Temperate regions lead in local extinctions as heat accelerates

The studies highlight how surrounding conditions reshape justice, health, and ecological outcomes.

Jamie Sullivan

Key Highlights

  • A global dataset of 5,100 species reports higher local extinction rates in temperate zones than in the tropics.
  • Evidence syntheses indicate decriminalization shows no increase in cannabis use, while profit-driven legalization correlates with higher consumption.
  • Analyses describe intensifying Arctic marine heatwaves driven by sea ice loss and freshwater stratification that traps surface warmth.

Today’s r/science conversations clustered around a shared thread: how context—from courtroom optics to policy design to shifting climates—reshapes outcomes. The community spotlighted studies that question our assumptions about perception, behavior, and ecological risk, tying human bias, biology, and planetary heat into a single, revealing day of discourse.

Across topics, researchers and commenters kept returning to the same takeaway: the environment around a system—social, neural, or ecological—often matters as much as what’s inside it.

When perception becomes reality

New work on how facial appearance can sway parole and recidivism judgments shows how quickly our sense of “objectivity” can be nudged by looks.
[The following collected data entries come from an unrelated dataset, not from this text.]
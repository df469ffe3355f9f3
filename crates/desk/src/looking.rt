//! What looks at the store of a desk, and leaves it as it was.
ghost use Rattle.std.specs.Prelude.{◌≡◌, ℕ, List, Option, Result};
ghost use Rattle.desk.specs.declared.looking.LookFault.{LookFault as FaultOfLook};
ghost use Rattle.desk.specs.Looking.{Looks, look_closes};

use crate::fault::DeskFault;
use std::alloc::Global;
use std::io::Write;
use store_api::{Storage, StorageFault};

/// Why a look is not written to its end.
#[derive(Clone, Copy, Debug)]
pub enum LookFault {
    /// A growth was refused, or the store could not be read.
    Storage(StorageFault),
    /// The writer failed.
    Output,
}

impl LookFault {
    /// Whether the desk is closed after this fault: its tables may be out of reach.
    pub fn closes(self) -> bool
        ensures { result ≡ look_closes self }
    {
        match self {
            LookFault::Storage(fault) => DeskFault::from(fault).closes(),
            LookFault::Output => false,
        }
    }
}

/// What looks at a store for whoever asks this, and writes what it sees.
pub trait Look<K: Storage, A> {
    // What is so of what was asked, of the writer and of the store before and after, where it ends so.
    ghost shows: { Self → A → (was is : Option (List ℕ)) → K → K → Result Unit FaultOfLook → Type 0 };

    /// Looks at the store, and writes what it sees.
    ///
    /// # Errors
    ///
    /// `Storage` where a growth was refused or the store could not be read, `Output` where the writer failed.
    fn look<W: Write>(
        &self,
        alloc: Global,
        asked: &A,
        store: &mut K,
        out: &mut W,
    ) -> Result<(), LookFault>
        ensures shows { shows self.now asked.now (W.contents out.old) (W.contents out.new) store.old store.new result }
        ensures looks { Looks K.Kept.sight store.old store.new result };
}
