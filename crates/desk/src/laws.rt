//! The law of stores over time.
ghost use Rattle.desk.specs.SeenRuns.{RunsAreSeen};
ghost use Rattle.desk.specs.Seen.{EndedSeenStays, NoncesSeenOnce, RepliesAreKept, SeenIsLived, SeenIsOfCalls};

use store_api::Storage;

/// What is seen of a desk over any store is a life, and a run of calls is so seen.
#[tactic(auto, using(crate::proofs::Living::ended_seen_stays, crate::proofs::Living::nonces_seen_once, crate::proofs::Living::replies_are_kept, crate::proofs::Seeing::runs_are_seen, crate::proofs::Living::seen_is_lived, crate::proofs::Living::seen_is_of_calls))]
pub fn stores_live<K: Storage>()
    ensures lived { SeenIsLived K.Kept.sight }
    ensures of_calls { SeenIsOfCalls K.Kept.sight }
    ensures kept { RepliesAreKept K.Kept.sight }
    ensures nonces { NoncesSeenOnce K.Kept.sight }
    ensures ended { EndedSeenStays K.Kept.sight }
    ensures runs { RunsAreSeen K.Kept.sight }
{}
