// Bytes that are written as text.
use anyhow::{Context, Result};
use percent_encoding::{CONTROLS, percent_decode, percent_encode};
use std::alloc::Global;

/// Letters that come so often one after another are counted where text is shown.
const MANY: usize = 100;

/// The bytes that a text spells: `|` is the end of a line of HTTP, and `%` with two digits a byte.
pub fn spelled(alloc: Global, text: &str) -> Result<Vec<u8>> {
    let text = text.replace(alloc, '|', "\r\n")?;
    let mut bytes = Vec::new(alloc);
    percent_decode(text.as_bytes()).append_to(&mut bytes)?;
    Ok(bytes)
}

/// The bytes that parts spell, between which `+` stands: `3*ab` is three times `ab`.
pub fn repeated(alloc: Global, parts: &str) -> Result<Vec<u8>> {
    let mut bytes = Vec::new(alloc);
    for part in parts.split('+') {
        let (count, unit) = part.split_once('*').unwrap_or(("1", part));
        let many = spelled(alloc, unit)?.repeat(alloc, count.parse::<usize>()?)?;
        bytes.extend_from_slice(&many)?;
    }
    Ok(bytes)
}

/// The text that parts spell.
pub fn repeated_text(alloc: Global, parts: &str) -> Result<String> {
    let bytes = repeated(alloc, parts)?;
    let text = str::from_utf8(&bytes).ok().context("a text is wanted")?;
    Ok(String::from_str(alloc, text)?)
}

// Adds a letter that comes so often.
fn push_letters(shown: &mut String, letter: char, count: usize) -> Result<()> {
    if count < MANY {
        for _ in 0..count {
            shown.push(letter)?;
        }
        return Ok(());
    }
    write!(shown, "<{count}*{letter}>")?;
    Ok(())
}

// Shows letters that come often one after another but once.
fn counted(alloc: Global, text: &str) -> Result<String> {
    let mut shown = String::new(alloc);
    let mut last = None;
    let mut count: usize = 0;
    for letter in text.chars() {
        if last == Some(letter) {
            count = count.saturating_add(1);
            continue;
        }
        if let Some(before) = last {
            push_letters(&mut shown, before, count)?;
        }
        last = Some(letter);
        count = 1;
    }
    if let Some(before) = last {
        push_letters(&mut shown, before, count)?;
    }
    Ok(shown)
}

// Shows bytes that are no text: `%` and two digits for each one that isn't printed.
fn encoded(alloc: Global, bytes: &[u8]) -> Result<String> {
    let mut text = String::new(alloc);
    percent_encode(bytes, CONTROLS).append_to(&mut text)?;
    Ok(text.replace(alloc, "%0D%0A", "|")?)
}

/// Shows what was sent: `|` is the end of a line of HTTP, `<200*a>` stands for 200 letters `a`, and where it is no text, as the
/// frames of a WebSocket, `%81` for the byte 129.
pub fn shown(alloc: Global, bytes: &[u8]) -> Result<String> {
    if bytes.is_empty() {
        return Ok(String::from_str(alloc, "nothing")?);
    }
    let Ok(text) = str::from_utf8(bytes) else {
        return encoded(alloc, bytes);
    };
    counted(alloc, text.replace(alloc, "\r\n", "|")?.as_str())
}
The study highlights contrast effects and the pull of perceived remorse, raising tough questions for a justice system built on impartiality.

"I've wondered before because of all the biases in the justice system if all suspects/convicts in court should be sat in a curtained box with a voice distorter or something..." - u/RoadsideCampion (354 points)

Cognitive reframing surfaced again in evidence that voters rewrite their memories after national elections, protecting identities and hardening divides. A clinical parallel emerged in findings that Parkinson’s patients with visual hallucinations tend to see life in the inanimate, suggesting that our brains’ expectation engines can tilt judgments in both civic life and sensory experience.

Biology under pressure, behavior in context

On the mind-body front, researchers linked physiology to lived experience: the physical signs of lucid dreaming in people with trauma symptoms point to measurable sleep markers that could guide care, while a separate analysis tied occupational hazards to behavior, with routine blast exposure in the military associated with long-term anger and violence even after accounting for other mental health factors.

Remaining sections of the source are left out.